Site-specific recombination at XerC/D sites as mediators of plasticity among Acinetobacter baumannii plasmids carrying carbapenem- and aminoglycoside-resistance genetic modules

VIALE, ALEJANDRO M.; REPIZO, GUILLERMO D.; CAMERANESI, MA. MARCELA; MORÁN-BARRIO, JORGELINA; LIMANSKY, ADRIANA S.

Seattle

Congreso; International symposium for plasmid biology 2018; 2018

ISPB

Acinetobacter baumannii is an opportunistic pathogen causing healthcare-associated infections worldwide. A. baumannii clinical strains have demonstrated a remarkable ability to evolve resistance to almost all drugs available (MDR) in the antimicrobial arsenal, including the last-resource carbapenem -lactams mainly from the acquisition of carbapenem-hydrolyzing class-D β-lactamase (CHDL) genes.
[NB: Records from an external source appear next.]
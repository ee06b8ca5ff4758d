//! The page before its name, and between its name and its text.

/// From the first byte to the name in the title: how the page looks.
pub(crate) const HEAD: &str = r##"<!doctype html>
<html lang="en">
<head>
<meta charset="utf-8">
<meta name="viewport" content="width=device-width, initial-scale=1">
<meta name="color-scheme" content="light dark">
<meta http-equiv="Content-Security-Policy"
  content="default-src 'none'; style-src 'unsafe-inline'; script-src 'unsafe-inline'">
<style>
:root { color-scheme: light; --paper: #f6f7f9; --card: #ffffff; --ink: #1b2230; --soft: #5a6475; --line: #d5dae3;
  --band: #f0f3f8; --pick: #dbe8ff; --accent: #1f5fd0; --control: #0067b3; --data: #00805c; --nak: #7b8494;
  --stall: #a03a8c; --none: #c05000; --damage: #c8102e; --mark: #1b2230; }
@media (prefers-color-scheme: dark) { :root:not([data-theme=light]) { color-scheme: dark; --paper: #12161d;
  --card: #1a2029; --ink: #e4e9f1; --soft: #9aa6b8; --line: #323b49; --band: #1f2732; --pick: #28416b;
  --accent: #7fb0ff; --control: #5fb4ff; --data: #3fd6a0; --nak: #8d99ab; --stall: #e58ad2; --none: #ff9d4d;
  --damage: #ff6b78; --mark: #e4e9f1; } }
:root[data-theme=dark] { color-scheme: dark; --paper: #12161d; --card: #1a2029; --ink: #e4e9f1; --soft: #9aa6b8;
  --line: #323b49; --band: #1f2732; --pick: #28416b; --accent: #7fb0ff; --control: #5fb4ff; --data: #3fd6a0;
  --nak: #8d99ab; --stall: #e58ad2; --none: #ff9d4d; --damage: #ff6b78; --mark: #e4e9f1; }
* { box-sizing: border-box; }
[hidden] { display: none !important; }
html { height: 100%; }
body { margin: 0; min-height: 100%; display: flex; flex-direction: column; background: var(--paper); color: var(--ink);
  font: 14px/1.4 system-ui, "Segoe UI", Roboto, "DejaVu Sans", sans-serif; }
header { display: flex; flex-wrap: wrap; align-items: baseline; gap: 4px 16px; padding: 10px 16px 2px; }
h1 { margin: 0; font-size: 18px; overflow-wrap: anywhere; }
h2 { margin: 0; font-size: 14px; }
#counts { margin: 0; color: var(--soft); flex: 1; }
main { flex: 1; display: grid; gap: 10px; padding: 8px 16px 16px; min-height: 0;
  grid-template: "trees" auto "time" auto "log" minmax(320px, 60vh) / minmax(0, 1fr); }
section { background: var(--card); border: 1px solid var(--line); border-radius: 8px; padding: 10px 12px;
  display: flex; flex-direction: column; min-width: 0; min-height: 0; }
#listings { grid-area: trees; max-height: 45vh; }
#timeline { grid-area: time; }
#log { grid-area: log; }
@media (min-width: 1100px) { html, body { height: 100%; }
  main { grid-template: "trees time" auto "trees log" minmax(0, 1fr) / minmax(300px, 400px) minmax(0, 1fr); }
  #listings { max-height: none; } }
.bar { display: flex; flex-wrap: wrap; align-items: center; gap: 6px 14px; margin-bottom: 8px; }
.bar > span { display: inline-flex; flex-wrap: wrap; gap: 4px; }
button, input { font: inherit; color: inherit; background: var(--card); border: 1px solid var(--line);
  border-radius: 6px; padding: 2px 8px; }
button { cursor: pointer; }
button:hover { border-color: var(--accent); }
:focus-visible { outline: 2px solid var(--accent); outline-offset: 1px; }
.kind { display: inline-flex; align-items: center; gap: 5px; font-size: 12px; padding: 1px 7px; }
.kind[aria-pressed=false] { opacity: .45; text-decoration: line-through; }
canvas { display: block; }
#scroll { overflow: auto; max-height: 45vh; border: 1px solid var(--line); border-radius: 6px; position: relative; }
#scroll canvas { position: sticky; top: 0; left: 0; }
#tip { position: fixed; z-index: 2; max-width: 70vw; padding: 3px 8px; border-radius: 6px; pointer-events: none;
  background: var(--ink); color: var(--card); font: 12px/1.4 ui-monospace, "DejaVu Sans Mono", monospace;
  overflow: hidden; text-overflow: ellipsis; white-space: nowrap; }
#selected { margin: 8px 0 0; min-height: 38px; max-height: 76px; overflow: auto; overflow-wrap: anywhere;
  font: 12px/1.5 ui-monospace, "DejaVu Sans Mono", monospace; }
.hint { margin: 2px 0 0; color: var(--soft); font-size: 12px; }
#filter { width: 20em; max-width: 60vw; }
#shown { color: var(--soft); }
.row { display: grid; grid-template-columns: 5.5em 16px 11em minmax(0, 1fr); gap: 8px; align-items: center;
  padding: 0 8px; white-space: pre; }
.words .row { grid-template-columns: 5.5em 16px 11em minmax(0, 3fr) minmax(0, 2fr); }
.row > * { overflow: hidden; text-overflow: ellipsis; }
.row > :first-child { text-align: right; color: var(--soft); }
#heads { color: var(--soft); font-size: 12px; border-bottom: 1px solid var(--line); padding-bottom: 2px;
  margin-right: 14px; }
#rows { flex: 1; min-height: 200px; overflow-y: auto; position: relative; overscroll-behavior: contain;
  font: 12px/22px ui-monospace, "DejaVu Sans Mono", monospace; }
#rows .row { position: absolute; left: 0; right: 0; height: 22px; cursor: pointer; }
#rows .row:hover { background: var(--band); }
#rows .row[aria-selected=true] { background: var(--pick); }
#rows .head { font-weight: 700; }
#trees { overflow: auto; flex: 1; min-height: 0; }
#trees summary { cursor: pointer; font-weight: 600; padding: 2px 0; }
#trees ul { list-style: none; margin: 0; padding-left: 18px; }
#trees details > ul { padding-left: 2px; }
#trees li { position: relative; padding: 3px 0 3px 4px; overflow-wrap: anywhere; }
#trees li li::before { content: ""; position: absolute; left: -10px; top: 0; height: 16px; width: 10px;
  border-left: 1px solid var(--line); border-bottom: 1px solid var(--line); }
#trees li li:not(:last-child)::after { content: ""; position: absolute; left: -10px; top: 0; bottom: 0;
  border-left: 1px solid var(--line); }
#trees small { display: block; color: var(--soft); font-size: 12px; }
#trees pre { margin: 2px 0; white-space: pre-wrap; overflow-wrap: anywhere; font-size: 11px; color: var(--soft); }
#trees li summary { font-weight: 400; font-size: 12px; color: var(--soft); padding: 1px 0; }
.path { font-family: ui-monospace, "DejaVu Sans Mono", monospace; padding: 0 6px; }
.refused { color: var(--none); }
</style>
<title>usbplan: "##;

/// From the end of the title to the text: the elements that the script fills. A browser drops the last newline.
pub(crate) const MIDDLE: &str = r##"</title>
</head>
<body>
<header>
<h1 id="name">usbplan</h1>
<p id="counts"></p>
<button id="theme" type="button">Theme: system</button>
</header>
<main hidden>
<section id="listings" aria-labelledby="listings-title">
<div class="bar"><h2 id="listings-title">Listings</h2></div>
<div id="trees"></div>
</section>
<section id="timeline" aria-labelledby="timeline-title">
<div class="bar">
<h2 id="timeline-title">Timeline</h2>
<span id="kinds" role="group" aria-label="Kinds of lines that are shown"></span>
<span role="group" aria-label="Zoom">
<button id="out" type="button" aria-label="Zoom out">&minus;</button>
<button id="in" type="button" aria-label="Zoom in">+</button>
<button id="fit" type="button">Fit</button>
</span>
</div>
<div id="scroll" tabindex="0" role="group" aria-label="Timeline of the run" aria-describedby="keys">
<div id="size"><canvas id="canvas" aria-hidden="true"></canvas></div>
</div>
<p id="selected" role="status">Select a mark or a line.</p>
<p id="keys" class="hint">Left and right: along the run. Up and down: along a lane.
+ and &minus;: zoom; 0: fit. Enter: to the line and back. /: filter.</p>
</section>
<section id="log" aria-labelledby="log-title">
<div class="bar">
<h2 id="log-title">Attempts</h2>
<label>Filter <input id="filter" type="search" placeholder="setup ack, nak, @1.2" autocomplete="off"
  spellcheck="false"></label>
<span id="shown" role="status"></span>
</div>
<div id="heads" class="row" aria-hidden="true"><span>Attempt</span><span></span><span>Where</span><span>Line</span><span
  id="words-head" hidden>Request</span></div>
<div id="rows" tabindex="0" role="listbox" aria-label="Lines of the run">
<div id="space" role="presentation"></div>
</div>
</section>
</main>
<div id="tip" hidden></div>
<noscript><style>#run { display: block !important; padding: 16px; overflow: auto; }</style></noscript>
<pre id="run" hidden>
"##;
CHDL genes such as blaOXA-58 are embedded in plasmid-borne genetic structures flanked by short 28-nt motifs potentially recognized by the site-specific XerC and XerD tyrosine-recombinases of the host cell (XerC/D sites). However, whether these sites could mediate site-specific recombination (SSR) events and influence the mobilization of resistance structures was obscure. We recently demonstrated that some of these XerC/D sequences could compose recombinationally-active sister pairs (1). Here we characterized in detail the plasmids carried by A. baumannii Ab825, a MDR clinical strain which displays carbapenem resistance due to overproduction of an acquired blaOXA-58. Plasmids were analyzed by 454 pyrosequencing, comparative sequence analysis, primer walking, and transformation of susceptible Acinetobacter strains. Pyrosequencing indicated the presence of plasmids of 12kb and 36 kbp in Ab825 (pAb825_12 and pAb825_36, respectively), the latter carrying an adaptive module encompassing blaOXA-58 and aphA6 genes flanked by several dif-like sites and conferring simultaneous resistance to carbapenems and aminoglycosides to the host. pAb825_36 was found to represent a co-integrate resulting from a fusion of two plasmids (designated pAb825_27 and pAb825_9, respectively) resulting from a SSR involving XerC/D sites. Evidences were obtained that different pairs of XerC/D sites also mediated inversion events involving the blaOXA-58- and aphA6-containing adaptive module, as well as a fusion between pAb825_27 and pAb825_12. The overall results shed light on the role of XerC/D-mediated SSR in the evolutionary dynamics of A. baumannii plasmids and the underlying mechanisms of dissemination of antimicrobial resistance structures among the Acinetobacter population.